The AH function is applied to the entire datagram except for any mutable IP header fields that change in transit, such as Time To Live (TTL) fields that are modified by the routers along the transmission path. AH works as follows:

  1. The IP header and data payload is hashed.

  2. The hash is used to build a new AH header, which is appended to the original packet.

  3. The new packet is transmitted to the IPSec peer router.

  4. The peer router hashes the IP header and data payload, extracts the transmitted hash from the AH header, and compares the two hashes. The hashes must match exactly. If even one bit is changed in the transmitted packet, the hash output on the received packet will change and the AH header will not match.

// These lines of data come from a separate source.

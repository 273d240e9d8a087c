/// A map in which one bucket holds all codes, and how many these are. Faiss's format for a
/// MultiHash has too few bits for the size of such a bucket where their number is a power of two.
#[derive(Clone, Copy, Debug, PartialEq, Eq)]
pub struct Wide {
    /// The number of the map.
    pub map: u32,
    /// The number of codes.
    pub size: u64,
}
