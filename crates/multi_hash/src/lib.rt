//! The index that keeps the positions of codes in buckets by the keys of several runs of bits,
//! Faiss's `IndexBinaryMultiHash`.
#![tactic(auto)]

mod compare;
mod keys;
pub mod laws;
mod meet;
mod multi;
mod place;
mod put;
mod room;
mod seen;
mod tables;
mod wide;

pub use keys::keys_under;
pub use multi::{Building, Multi};
pub use seen::Seen;
pub use wide::Wide;
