ghost use Rattle.std.specs.Prelude.{◌≡◌, ◌+◌, ◌<◌, ◌≤◌, [], length, map, IfOk};
ghost use Rattle.std.specs.List.{All};
ghost use Rattle.bcodes.specs.Ranges.{load_limit};
ghost use Rattle.bcodes.specs.Value.{weight};
ghost use Rattle.key_buckets.specs.Keys.{key_in};
ghost use Rattle.key_buckets.specs.Room.{keys_named};
ghost use Rattle.multi_hash.specs.Inside.{IsMulti};
ghost use Rattle.multi_hash.specs.Partly.{IsPartly};

use crate::keys::keys_under;
use crate::put::put;
use crate::room::{make_named_room_under, make_room_under};
use crate::tables::table;
use bcodes::{Ledger, Meter, Want};
use code_pool::Pool;
use flat_index::Flat;
use key_buckets::KeyTable;
use std::alloc::Global;

/// Puts the positions of all codes of a Flat into the buckets of maps that have no key yet. It
/// gives the number of keys.
///
/// # Errors
///
/// If memory runs out. Some positions may then be in the buckets.
pub fn place_all<L: Ledger>(
    alloc: Global,
    maps: &mut [KeyTable],
    buckets: &mut Pool<L>,
    storage: &Flat<L>,
    b: u32,
    meter: &mut Meter<L>,
) -> Result<u32, Want>
    requires multi { IsMulti storage.now.dim b 0 0 [] maps.old buckets.old }
    requires load { weight storage.now.dim (length maps.old) (length storage.now.codes) 0
        ≤ load_limit }
    ensures multi { IfOk result (λ keys.
        IsMulti storage.now.dim b 0 keys storage.now.codes maps.new buckets.new) }
    ensures count { length maps.new ≡ length maps.old }
{
    let mut used = 0;
    for i in 0..maps.len() {
        used = place(alloc, maps, i, buckets, storage, b, used, meter)?;
    }
    Ok(used)
}

// Puts the positions of all codes of a Flat into the buckets of the next map, `i`. Room is made for
// all of them first, so that the positions of a bucket stand side by side. It gives the number of
// keys of the maps up to this, where those before it have `used`.
fn place<L: Ledger>(
    alloc: Global,
    maps: &mut [KeyTable],
    i: usize,
    buckets: &mut Pool<L>,
    storage: &Flat<L>,
    b: u32,
    used: u32,
    meter: &mut Meter<L>,
) -> Result<u32, Want>
    requires partly { IsPartly storage.now.dim b i used storage.now.codes maps.old buckets.old }
    requires next { i < length maps.old }
    ensures partly { IfOk result (λ keys.
        IsPartly storage.now.dim b (i + 1) keys storage.now.codes maps.new buckets.new) }
    ensures count { length maps.new ≡ length maps.old }
{
    let keys = keys_under(alloc, storage, i as u32, b, meter)?;
    let lists = make_room_under(alloc, maps, i, buckets, &keys, used)?;
    put(buckets, &lists, 0);
    Ok(used + table(maps, i).len() as u32)
}

/// `place` where the key of each code is known by its number among `keys`.
pub fn place_named<L: Ledger>(
    alloc: Global,
    maps: &mut [KeyTable],
    i: usize,
    buckets: &mut Pool<L>,
    storage: &Flat<L>,
    b: u32,
    used: u32,
    keys: &[u64],
    numbers: &[u32],
) -> Result<u32, Want>
    requires partly { IsPartly storage.now.dim b i used storage.now.codes maps.old buckets.old }
    requires next { i < length maps.old }
    requires known { All (λ n. n < length keys.now) numbers.now }
    requires keys { keys_named keys.now numbers.now ≡ map (key_in i b) storage.now.codes }
    ensures partly { IfOk result (λ keys.
        IsPartly storage.now.dim b (i + 1) keys storage.now.codes maps.new buckets.new) }
    ensures count { length maps.new ≡ length maps.old }
{
    let lists = make_named_room_under(alloc, maps, i, buckets, keys, numbers, used)?;
    put(buckets, &lists, 0);
    Ok(used + table(maps, i).len() as u32)
}
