ghost use Rattle.std.specs.Prelude.{◌≡◌, ℕ, ◌+◌, ◌*◌, ◌<◌, ◌≤◌, ◌^◌, ◌++◌, List, length, slice_set, IfOk, OnOk, OnErr};
ghost use Rattle.std.specs.List.{All};
ghost use Rattle.bcodes.specs.Ranges.{load_limit};
ghost use Rattle.bcodes.specs.Value.{weight};
ghost use Rattle.code_pool.specs.Lists.{list_at};
ghost use Rattle.flip_walk.specs.Patterns.{times};
ghost use Rattle.key_buckets.specs.Keys.{IsNumbering};
ghost use Rattle.key_buckets.specs.Room.{IsRoomed, IsUndoable, keys_named, lists_most};
ghost use Rattle.row_lists.specs.Room.{HasRoomFor};
ghost use Rattle.multi_hash.specs.Inside.{AreMaps, IsShared, lists_in, map_at};
ghost use Rattle.multi_hash.specs.Room.{AreUndoable, IsRoomy, lists_under};

use crate::tables::table;
use bcodes::{Codes, Ledger, Want};
use code_pool::Pool;
use flat_index::Flat;
use key_buckets::{KeyTable, chunk_keys, make_named_room, make_room};
use std::alloc::Global;

/// What an add has made room for.
#[derive(Drop)]
pub struct Room {
    /// The list of each code under each map: of all codes under map 0, then under map 1 and so on.
    pub lists: Vec<u32>,
    /// The number of keys of all maps.
    pub keys: u32,
}

/// Opens buckets for codes under each map, where the maps have `keys` keys, makes room in them, and
/// then appends the codes to the storage.
///
/// # Errors
///
/// If memory runs out. The storage is then as before. As on success, no position has moved, and the
/// maps are as before once the keys behind the old ones are taken out.
pub fn store<L: Ledger>(
    alloc: Global,
    maps: &mut [KeyTable],
    buckets: &mut Pool<L>,
    storage: &mut Flat<L>,
    b: u32,
    keys: u32,
    codes: &Codes,
) -> Result<Room, Want>
    requires maps { AreMaps b keys (λ i. storage.old.codes) (λ i. storage.old.codes) maps.old
        (lists_in buckets.old) }
    requires shared { IsShared keys buckets.old }
    requires same_dim { codes.now.dim ≡ storage.old.dim }
    requires b_least { 1 ≤ b }
    requires b_most { b ≤ 64 }
    requires within { length maps.old * b ≤ codes.now.dim }
    requires nhash_most { length maps.old ≤ 1024 }
    requires few { keys + length maps.old * length codes.now.codes ≤ lists_most }
    requires rows { (l : ℕ) → length (lists_in buckets.old l) + length codes.now.codes < 2 ^ 31 }
    requires load { weight storage.old.dim 0 (length storage.old.codes + length codes.now.codes) 0
        ≤ load_limit }
    ensures maps { IfOk result (λ room. AreMaps b room.keys
        (λ i. storage.old.codes ++ codes.now.codes) (λ i. storage.old.codes) maps.new
        (lists_in buckets.new)) }
    ensures roomy { IfOk result (λ room. (i : ℕ) → i < length maps.old → IsRoomy i b maps.new
        codes.now.codes (lists_under room.lists.items (length codes.now.codes) i) buckets.new) }
    ensures known { IfOk result (λ room. All (λ l. l < room.keys) room.lists.items) }
    ensures whole { IfOk result (λ room.
        length room.lists.items ≡ length maps.old * length codes.now.codes) }
    ensures shared { IfOk result (λ room. IsShared room.keys buckets.new) }
    ensures keys { IfOk result (λ room.
        room.keys ≤ keys + length maps.old * length codes.now.codes) }
    ensures stored { OnOk result (storage.new
        ≡ record storage.old { codes = storage.old.codes ++ codes.now.codes }) }
    ensures kept { OnErr result (storage.new ≡ storage.old) }
    ensures undo { AreUndoable maps.old maps.new buckets.old buckets.new }
{
    let room = open_all(alloc, maps, buckets, b, keys, codes)?;
    storage.append(codes)?;
    Ok(room)
}

// Opens buckets for codes under each map, and makes room in them.
fn open_all<L: Ledger>(
    alloc: Global,
    maps: &mut [KeyTable],
    buckets: &mut Pool<L>,
    b: u32,
    keys: u32,
    codes: &Codes,
) -> Result<Room, Want>
    requires maps { (old : List (List ℕ)) × AreMaps b keys (λ i. old) (λ i. old) maps.old
        (lists_in buckets.old) }
    requires shared { IsShared keys buckets.old }
    requires b_least { 1 ≤ b }
    requires b_most { b ≤ 64 }
    requires within { length maps.old * b ≤ codes.now.dim }
    requires nhash_most { length maps.old ≤ 1024 }
    requires few { keys + length maps.old * length codes.now.codes ≤ lists_most }
    requires rows { (l : ℕ) → length (lists_in buckets.old l) + length codes.now.codes < 2 ^ 31 }
    ensures maps { IfOk result (λ room. (old : List (List ℕ))
        → AreMaps b keys (λ i. old) (λ i. old) maps.old (lists_in buckets.old)
        → AreMaps b room.keys (λ i. old ++ codes.now.codes) (λ i. old) maps.new
        (lists_in buckets.new)) }
    ensures roomy { IfOk result (λ room. (i : ℕ) → i < length maps.old → IsRoomy i b maps.new
        codes.now.codes (lists_under room.lists.items (length codes.now.codes) i) buckets.new) }
    ensures known { IfOk result (λ room. All (λ l. l < room.keys) room.lists.items) }
    ensures whole { IfOk result (λ room.
        length room.lists.items ≡ length maps.old * length codes.now.codes) }
    ensures shared { IfOk result (λ room. IsShared room.keys buckets.new) }
    ensures keys { IfOk result (λ room.
        room.keys ≤ keys + length maps.old * length codes.now.codes) }
    ensures undo { AreUndoable maps.old maps.new buckets.old buckets.new }
{
    let mut lists = Vec::with_capacity(alloc, maps.len() * codes.len())?;
    let mut used = keys;
    for i in 0..maps.len() {
        let others = used - table(maps, i).len() as u32;
        let map_keys = chunk_keys(alloc, codes, i as u32, b)?;
        let own = make_room_under(alloc, maps, i, buckets, &map_keys, others)?;
        lists.extend_from_slice(&own)?;
        used = others + table(maps, i).len() as u32;
    }
    Ok(Room { lists, keys: used })
}

/// Opens buckets for keys under map `i`, and makes room in them. The rest is as in `make_room`.
pub fn make_room_under<L: Ledger>(
    alloc: Global,
    maps: &mut [KeyTable],
    i: usize,
    buckets: &mut Pool<L>,
    keys: &[u64],
    others: u32,
) -> Result<Vec<u32>, Want>
    requires exists { i < length maps.old }
    requires numbering { IsNumbering (others + length (map_at maps.old i)) (map_at maps.old i) }
    requires used { others + length (map_at maps.old i) ≤ length buckets.old.lists }
    requires lists { length buckets.old.lists ≤ lists_most }
    requires few { others + length (map_at maps.old i) + length keys.now ≤ lists_most }
    requires rows { (l : ℕ) → length (list_at buckets.old l).rows + length keys.now < 2 ^ 31 }
    ensures maps { maps.new ≡ slice_set maps.old i (map_at maps.new i) }
    ensures roomed { IfOk result (λ numbers. IsRoomed others (map_at maps.old i)
        (map_at maps.new i) keys.now (length keys.now) numbers.items) }
    ensures room { IfOk result (λ numbers. HasRoomFor numbers.items buckets.new) }
    ensures spare { IfOk result (λ numbers. (l : ℕ) → times l numbers.items ≡ 0
        → (list_at buckets.old l).spare ≤ (list_at buckets.new l).spare) }
    ensures undo { IsUndoable others (map_at maps.old i) (map_at maps.new i) buckets.old
        buckets.new }
{
    let numbers = make_room(alloc, &mut maps[i], buckets, keys, others)?;
    Ok(numbers)
}

/// `make_room_under` for keys that are known by their numbers.
pub fn make_named_room_under<L: Ledger>(
    alloc: Global,
    maps: &mut [KeyTable],
    i: usize,
    buckets: &mut Pool<L>,
    keys: &[u64],
    numbers: &[u32],
    others: u32,
) -> Result<Vec<u32>, Want>
    requires exists { i < length maps.old }
    requires known { All (λ n. n < length keys.now) numbers.now }
    requires numbering { IsNumbering (others + length (map_at maps.old i)) (map_at maps.old i) }
    requires used { others + length (map_at maps.old i) ≤ length buckets.old.lists }
    requires lists { length buckets.old.lists ≤ lists_most }
    requires few { others + length (map_at maps.old i) + length numbers.now ≤ lists_most }
    requires rows { (l : ℕ) → length (list_at buckets.old l).rows + length numbers.now < 2 ^ 31 }
    ensures maps { maps.new ≡ slice_set maps.old i (map_at maps.new i) }
    ensures roomed { IfOk result (λ lists. let named = keys_named keys.now numbers.now in
        IsRoomed others (map_at maps.old i) (map_at maps.new i) named (length named) lists.items) }
    ensures room { IfOk result (λ lists. HasRoomFor lists.items buckets.new) }
    ensures spare { IfOk result (λ lists. (l : ℕ) → times l lists.items ≡ 0
        → (list_at buckets.old l).spare ≤ (list_at buckets.new l).spare) }
    ensures undo { IsUndoable others (map_at maps.old i) (map_at maps.new i) buckets.old
        buckets.new }
{
    let lists = make_named_room(alloc, &mut maps[i], buckets, keys, numbers, others)?;
    Ok(lists)
}
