impl<L: Ledger> Pool<L> {
    /// A pool without lists, for codes of `code_size` bytes. A size of 0 makes lists of labels
    /// alone. It takes no memory.
    pub fn new(alloc: Global, code_size: usize) -> Pool<L>
        requires { code_size ≤ 8192 }
        ensures { result ≡ record { code_size = code_size; lists = []; free = 0 } }
    {
        Pool {
            rows: Rows::new(alloc, code_size),
            blocks: Blocks::new(alloc),
            ledger: PhantomData,
        }
    }

    /// The number of lists.
    pub fn lists(&self) -> u32
        ensures value { result ≡ length self.now.lists }
        ensures few { result ≤ 2 ^ 31 }
        ensures rows { (list : ℕ)
            → All (IsPoolRow self.now.code_size) (list_at self.now list).rows }
    {
        let _rows = self.rows.len();
        self.blocks.lists() as u32
    }

    /// Opens an empty list, and gives its number. `Want` says that memory ran out, and leaves the
    /// pool as it was.
    pub fn open_list(&mut self) -> Result<u32, Want>
        requires { length self.old.lists < 2 ^ 31 }
        ensures number { IfOk result (λ list. list ≡ length self.old.lists) }
        ensures ok { OnOk result (self.new
            ≡ record self.old { lists = self.old.lists ++ no_list ∷ [] }) }
        ensures err { OnErr result (self.new ≡ self.old) }
    {
        let list = self.blocks.lists() as u32;
        self.blocks.open()?;
        Ok(list)
    }

    /// How many blocks the lists have, and how many are free.
    pub fn room(&self) -> Room
        ensures used { result.used ≡ sum_by blocks_of self.now.lists }
        ensures free { result.free ≡ self.now.free }
    {
        let free = self.blocks.free();
        Room {
            used: (self.blocks.all() - free) as u64,
            free: free as u64,
        }
    }

    /// The number of blocks that a list has.
    pub fn blocks(&self, list: u32) -> u64
        requires { list < length self.now.lists }
        ensures value { result ≡ blocks_of (list_at self.now list) }
        ensures whole { 4 * result
            ≡ length (list_at self.now list).rows + (list_at self.now list).spare }
    {
        self.blocks.count(list) as u64
    }

    /// Makes room for at least `n` more rows of a list.
    ///
    /// It takes the blocks that are missing, free ones first; where those suffice it takes no
    /// memory and succeeds. `Want` says that memory ran out, and leaves the pool as it was.
    pub fn reserve(&mut self, list: u32, n: usize) -> Result<(), Want>
        requires exists { list < length self.old.lists }
        requires few { length (list_at self.old list).rows + n < 2 ^ 31 }
        ensures ok { OnOk result (IsReserved self.old self.new list n) }
        ensures blocks { OnOk result (IsTaken self.old self.new list n) }
        ensures within { further (list_at self.old list) n ≤ self.old.free → IsOk result }
        ensures err { OnErr result (self.new ≡ self.old) }
    {
        let wanted = blocks_for(self.len(list) + n);
        let needed = wanted.saturating_sub(self.blocks(list) as usize);
        let again = needed.min(self.room().free as usize);
        self.add_blocks(list, needed - again)?;
        self.take_blocks(list, again);
        Ok(())
    }

    // Gives a list n new blocks. All tables grow before any block is given, so that an error leaves
    // the lists as they were.
    fn add_blocks(&mut self, list: u32, n: usize) -> Result<(), Want>
        requires exists { list < length self.old.lists }
        requires few { n ≤ 2 ^ 31 }
        ensures ok { OnOk result (self.new ≡ with_spare self.old list (4 * n)) }
        ensures none { n ≡ 0 → IsOk result }
        ensures err { OnErr result (self.new ≡ self.old) }
    {
        let all = self.blocks.all() + n;
        if all > MOST_BLOCKS {
            return Err(Want);
        }
        let rows = (all * BLOCK_ROWS).max(self.rows.len());
        self.rows.grow(rows)?;
        self.blocks.grow(list, n)?;
        Ok(())
    }

    // Gives a list a free block.
    fn take_block(&mut self, list: u32)
        requires exists { list < length self.old.lists }
        requires some { 0 < self.old.free }
        ensures { self.new ≡ taken self.old list 1 }
    {
        self.blocks.take(list);
    }

    // Gives a list n free blocks.
    fn take_blocks(&mut self, list: u32, n: usize)
        requires exists { list < length self.old.lists }
        requires some { n ≤ self.old.free }
        ensures { self.new ≡ taken self.old list n }
    {
        for taken in 0..n {
            self.take_block(list);
        }
    }

    // Takes a block from a list, which then is free.
    fn give_block(&mut self, list: u32)
        requires exists { list < length self.old.lists }
        requires spare { 4 ≤ (list_at self.old list).spare }
        ensures { self.new ≡ given self.old list 1 }
    {
        self.blocks.give(list);
    }

    // Takes n blocks from a list, which then are free.
    fn give_blocks(&mut self, list: u32, n: u64)
        requires exists { list < length self.old.lists }
        requires spare { 4 * n ≤ (list_at self.old list).spare }
        ensures { self.new ≡ given self.old list n }
    {
        for given in 0..n {
            self.give_block(list);
        }
    }

    // Leaves the first `len` rows of a list.
    fn cut(&mut self, list: u32, len: usize)
        requires exists { list < length self.old.lists }
        requires within { len ≤ length (list_at self.old list).rows }
        ensures { self.new ≡ with_list self.old list (cut_to (list_at self.old list) len) }
    {
        self.blocks.set_len(list, len);
    }

    /// Appends a row to a list that has room for it. It takes no memory.
    pub fn push(&mut self, list: u32, label: i64, code: &[u8])
        requires exists { list < length self.old.lists }
        requires room { 0 < (list_at self.old list).spare }
        requires size { length code.now ≡ self.old.code_size }
        ensures { self.new ≡ with_list self.old list
            (with_row (list_at self.old list) (record { label = label; code = code.now })) }
    {
        let at = self.blocks.add_row(list);
        self.rows.write(at, label, code);
    }

    /// Appends the rows of a run to a list that has room for them, as `push` does one by one. It
    /// takes no memory.
    pub fn push_run(&mut self, list: u32, run: Run<'_>)
        requires exists { list < length self.old.lists }
        requires room { length run.labels.now ≤ (list_at self.old list).spare }
        requires whole { length run.codes.now ≡ length run.labels.now * self.old.code_size }
        ensures { self.new ≡ with_list self.old list (with_rows (list_at self.old list)
            (rows_in self.old.code_size run.entry.labels.now run.entry.codes.now)) }
    {
        let mut done = 0;
        while done < run.labels.len() {
            done += self.push_part(list, run, done);
        }
    }

    // Appends rows of a run to a list, from place `from` of the run on: as many as stand side by
    // side with the next row of the list. It gives their number.
    fn push_part(&mut self, list: u32, run: Run<'_>, from: usize) -> usize
        requires exists { list < length self.old.lists }
        requires from { from < length run.labels.now }
        requires room { length run.labels.now ≤ from + (list_at self.old list).spare }
        requires whole { length run.codes.now ≡ length run.labels.now * self.old.code_size }
        ensures some { 1 ≤ result }
        ensures within { from + result ≤ length run.entry.labels.now }
        ensures rows { self.new ≡ with_list self.old list (with_rows (list_at self.old list)
            (take result (drop from
            (rows_in self.old.code_size run.entry.labels.now run.entry.codes.now)))) }
    {
        let stretch = self.blocks.add_rows(list, run.labels.len() - from);
        self.rows
            .write_run(stretch.from, run.part(from, stretch.rows));
        stretch.rows
    }

    /// The number of rows of a list.
    pub fn len(&self, list: u32) -> usize
        requires { list < length self.now.lists }
        ensures value { result ≡ length (list_at self.now list).rows }
        ensures rows { All (IsPoolRow self.now.code_size) (list_at self.now list).rows }
    {
        let _rows = self.rows.len();
        self.blocks.len(list)
    }

    /// Lends rows of a list from place `from` on, without copying: at least one and at most
    /// `RUN_ROWS`, which need not be all that are left. The meter's `lent` rises by their number.
    pub fn lend(&self, list: u32, from: usize, meter: &mut Meter<L>) -> Run<'_>
        requires exists { list < length self.now.lists }
        requires within { from < length (list_at self.now list).rows }
        ensures run { IsRun (list_at self.now list).rows from self.now.code_size
            result.labels.now result.codes.now }
        ensures lent { meter.new
            ≡ record meter.old { lent = raised meter.old.lent (length result.labels.now) } }
        ensures rises { meter.old.lent ≤ meter.new.lent }
    {
        let part = self.blocks.stretch(list, from);
        let run = self.rows.run(part.from, part.rows);
        meter.raise_lent(run.labels.len() as u64);
        run
    }

    /// Lends the row at place `at` of a list. The meter's `lent` rises by 1.
    pub fn lend_one(&self, list: u32, at: usize, meter: &mut Meter<L>) -> Run<'_>
        requires exists { list < length self.now.lists }
        requires within { at < length (list_at self.now list).rows }
        ensures label { result.labels.now ≡ (row_at (list_at self.now list) at).label ∷ [] }
        ensures code { result.codes.now ≡ (row_at (list_at self.now list) at).code }
        ensures lent { meter.new ≡ record meter.old { lent = raised meter.old.lent 1 } }
        ensures rises { meter.old.lent ≤ meter.new.lent }
    {
        let place = self.blocks.place(list, at);
        meter.raise_lent(1);
        self.rows.run(place, 1)
    }

    /// Labels of a list from place `from` on: at least one, which need not be all that are left. No
    /// code is read, so there is no meter.
    pub fn labels(&self, list: u32, from: usize) -> &[i64]
        requires exists { list < length self.now.lists }
        requires within { from < length (list_at self.now list).rows }
        ensures { IsPart (map label_of (list_at self.now list).rows) from result.now }
    {
        let part = self.blocks.stretch(list, from);
        self.rows.labels(part.from, part.rows)
    }

    /// A walk over the rows of a list, from the first on.
    pub fn walk(&self, list: u32) -> Walk<'_, L>
        requires { list < length self.now.lists }
        ensures { result ≡ record {
          code_size = self.now.code_size;
          rows = (list_at self.now list).rows;
          at = 0;
        } }
    {
        Walk::new(&self.rows, &self.blocks, list)
    }

    /// Keeps the rows of a list whose flags are true, in their order, and frees the blocks that
    /// these do not need. It takes no memory.
    pub fn keep_rows(&mut self, list: u32, keep: &[bool])
        requires exists { list < length self.old.lists }
        requires flags { length keep.now ≡ length (list_at self.old list).rows }
        ensures lists { self.new.lists
            ≡ slice_set self.old.lists list (with_kept (list_at self.old list) keep.now) }
        ensures code_size { self.new.code_size ≡ self.old.code_size }
        ensures free { self.new.free + blocks_of (list_at self.new list)
            ≡ self.old.free + blocks_of (list_at self.old list) }
    {
        let kept = move_kept(&mut self.rows, &self.blocks, list, keep);
        self.cut(list, kept);
        let needed = blocks_for(kept) as u64;
        self.give_blocks(list, self.blocks(list) - needed);
    }

    /// Gives the rows of a list the labels 0, 1, 2 and so on, in their order. It takes no memory.
    pub fn number_rows(&mut self, list: u32)
        requires { list < length self.old.lists }
        ensures { self.new ≡ with_list self.old list (with_positions (list_at self.old list)) }
    {
        number_list(&mut self.rows, &self.blocks, list);
    }

    /// Empties a list and frees its blocks. The list stays open. It takes no memory.
    pub fn give_back(&mut self, list: u32)
        requires { list < length self.old.lists }
        ensures lists { self.new.lists ≡ slice_set self.old.lists list no_list }
        ensures code_size { self.new.code_size ≡ self.old.code_size }
        ensures free { self.new.free ≡ self.old.free + blocks_of (list_at self.old list) }
    {
        self.cut(list, 0);
        self.give_blocks(list, self.blocks(list));
    }

    /// Empties every list and frees all blocks. The lists stay open. It takes no memory.
    pub fn clear(&mut self)
        ensures lists { self.new.lists ≡ map (λ _. no_list) self.old.lists }
        ensures code_size { self.new.code_size ≡ self.old.code_size }
        ensures free { self.new.free ≡ self.old.free + sum_by blocks_of self.old.lists }
    {
        for list in 0..self.lists() {
            self.give_back(list);
        }
    }
}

This process can be seen in Figure 2.

Figure 2 AH authentication and integrity.

Encapsulating Security Payload (ESP)

Encapsulating Security Payload (ESP) is a security protocol used to provide confidentiality (encryption), data origin authentication, integrity, optional anti-replay service, and limited traffic-flow confidentiality by defeating traffic-flow analysis. Figure 3 shows that the data payload is encrypted with ESP.

Figure 3 Encapsulating Security Payload (ESP).

ESP provides confidentiality by performing encryption at the IP packet layer. It supports a variety of symmetric encryption algorithms. The default algorithm for IPSec is 56-bit DES. This cipher must be implemented to guarantee interoperability among IPSec products. Cisco products also support use of 3DES for strong encryption. Confidentiality may be selected independent of all other services.


Deciding whether to use AH or ESP in a given situation may seem complex, yet can be simplified to a few rules. When you want to make sure that data from an authenticated source gets transferred with integrity and doesn't need confidentiality, use the AH protocol. If you need to keep data private (confidentiality), then you must use ESP. ESP will encrypt the upper-layer protocols in transport mode and the entire original IP datagram in tunnel mode so that neither is readable from the wire. However, ESP can also provide authentication for the packets.